Sadi Carnot (1796-1832): The "father" of thermodynamics

A brief history of thermodynamics begins with Otto von Guericke who, in 1650, built and designed the world's first vacuum pump and created the world's first ever vacuum (known as the Magdeburg hemispheres). He was driven to make a vacuum in order to disprove Aristotle's long-held supposition that "nature abhors a vacuum." Shortly thereafter, Irish physicist and chemist Robert Boyle had learned of Guericke's designs and in 1656, in coordination with English scientist Robert Hooke, built an air pump.[7] Using this pump, Boyle and Hooke noticed the pressure-temperature-volume correlation. In time, Boyle's Law was formulated, which states that pressure and volume are inversely proportional. Then, in 1679, based on these concepts, an associate of Boyle's named Denis Papin built a bone digester, which was a closed vessel with a tightly fitting lid that confined steam until a high pressure was generated.

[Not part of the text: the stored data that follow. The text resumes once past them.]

// Cuts of generated books.
use crate::drawn::{Outcome, agreed, compare_cases};
use book::contract::{Class, Contract, State, Terms};
use book::cuts::recut;
use entry::source::Source;
use model::answers::refused;
use model::cutting::{Claim, claimed, cut};
use model::random::Random;
use std::alloc::{AllocError, Global};
use trial::making::refusal_of;

const MOST: u64 = 2_000_000_000;

fn draw_contract(random: &mut Random, number: u16, most: u32) -> Contract {
    let amount = random.between(1, most);
    let state = match random.between(0, 6) {
        0 => State::Offered,
        1 => State::Ended,
        _ => State::InForce,
    };
    Contract {
        terms: Terms {
            number,
            seller: random.among(1, 3),
            buyer: 4,
            submarket: 1,
            class: Class::try_from(random.among(1, 4)).unwrap_or(Class::Plant),
            source: Source::Conventional,
            first: 1,
            last: 1,
            amount,
        },
        effective: random.between(0, amount),
        state,
    }
}

// What a contract claims, if it is in force. No `From`: only a contract in force claims anything.
fn claim_of(contract: &Contract) -> Option<Claim> {
    contract.in_force().then(|| Claim {
        seller: contract.terms.seller,
        class: u16::from(contract.terms.class),
        amount: u64::from(contract.terms.amount),
    })
}

fn claims_of(heap: Global, contracts: &[Contract]) -> Result<Vec<Claim>, AllocError> {
    contracts.iter().filter_map(claim_of).collect(heap)
}

// What must be left: of each of the seller's contracts in force its amount less its cut, of every other what it had.
fn left(
    heap: Global,
    old: &[Contract],
    seller: u16,
    shortfall: u64,
) -> Result<Vec<u64>, AllocError> {
    let all = claims_of(heap, old)?;
    old.iter()
        .enumerate()
        .map(|(i, was)| match claim_of(was) {
            Some(claim) if claim.seller == seller => {
                let before = claims_of(heap, old.get(0..i).unwrap_or(old))?;
                let off = cut(all.as_slice(), before.as_slice(), claim, shortfall);
                Ok(claim.amount.saturating_sub(off))
            }
            _ => Ok(u64::from(was.effective)),
        })
        .collect::<Result<Vec<u64>, AllocError>>(heap)?
}

fn draw_shortfall(random: &mut Random, most: u32) -> u64 {
    match random.between(0, 5) {
        0 => 0,
        1 => 2_000_000_000,
        _ => u64::from(random.between(0, most)).wrapping_mul(u64::from(random.between(1, 6))),
    }
}

// One book, cut for one of its sellers.
fn cut_case(heap: Global, random: &mut Random) -> Result<Outcome, AllocError> {
    let most = match random.between(0, 3) {
        0 => 5,
        1 => 1000,
        2 => 100_000_000,
        _ => 1_000_000_000,
    };
    let count = random.among(0, 14);
    let old: Vec<Contract> = (0..count)
        .map(|number| draw_contract(random, number, most))
        .collect(heap)?;
    let mut new = old.clone()?;
    let seller = random.among(1, 3);
    let shortfall = draw_shortfall(random, most);
    let told = recut(new.as_mut_slice(), seller, shortfall).map_err(refusal_of);
    let claims = claims_of(heap, old.as_slice())?;
    let wanted = if claimed(claims.as_slice(), seller, 1, 4) > MOST {
        refused(15, 0)
    } else {
        Ok(())
    };
    let left = left(heap, old.as_slice(), seller, shortfall)?;
    let right = new
        .iter()
        .map(|contract| u64::from(contract.effective))
        .eq(left.iter().copied());
    Ok(Outcome::of(told, wanted, right, new == old))
}

pub fn compare_cuts(rt: &HostRuntime) -> anyhow::Result<()> {
    let refusals = compare_cases(rt, "cuts", 14, |random| cut_case(rt.alloc(), random))?;
    agreed(rt, "cuts", refusals)
}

Later designs implemented a steam release valve that kept the machine from exploding. By watching the valve rhythmically move up and down, Papin conceived of the idea of a piston and a cylinder engine. He did not, however, follow through with his design. Nevertheless, in 1697, based on Papin's designs, engineer Thomas Savery built the first engine. Although these early engines were crude and inefficient, they attracted the attention of the leading scientists of the time. One such scientist was Sadi Carnot, the "father of thermodynamics," who in 1824 published Reflections on the Motive Power of Fire, a discourse on heat, power, and engine efficiency. The paper outlined the basic energetic relations between the Carnot engine, the Carnot cycle, and Motive power. This marks the start of thermodynamics as a modern science.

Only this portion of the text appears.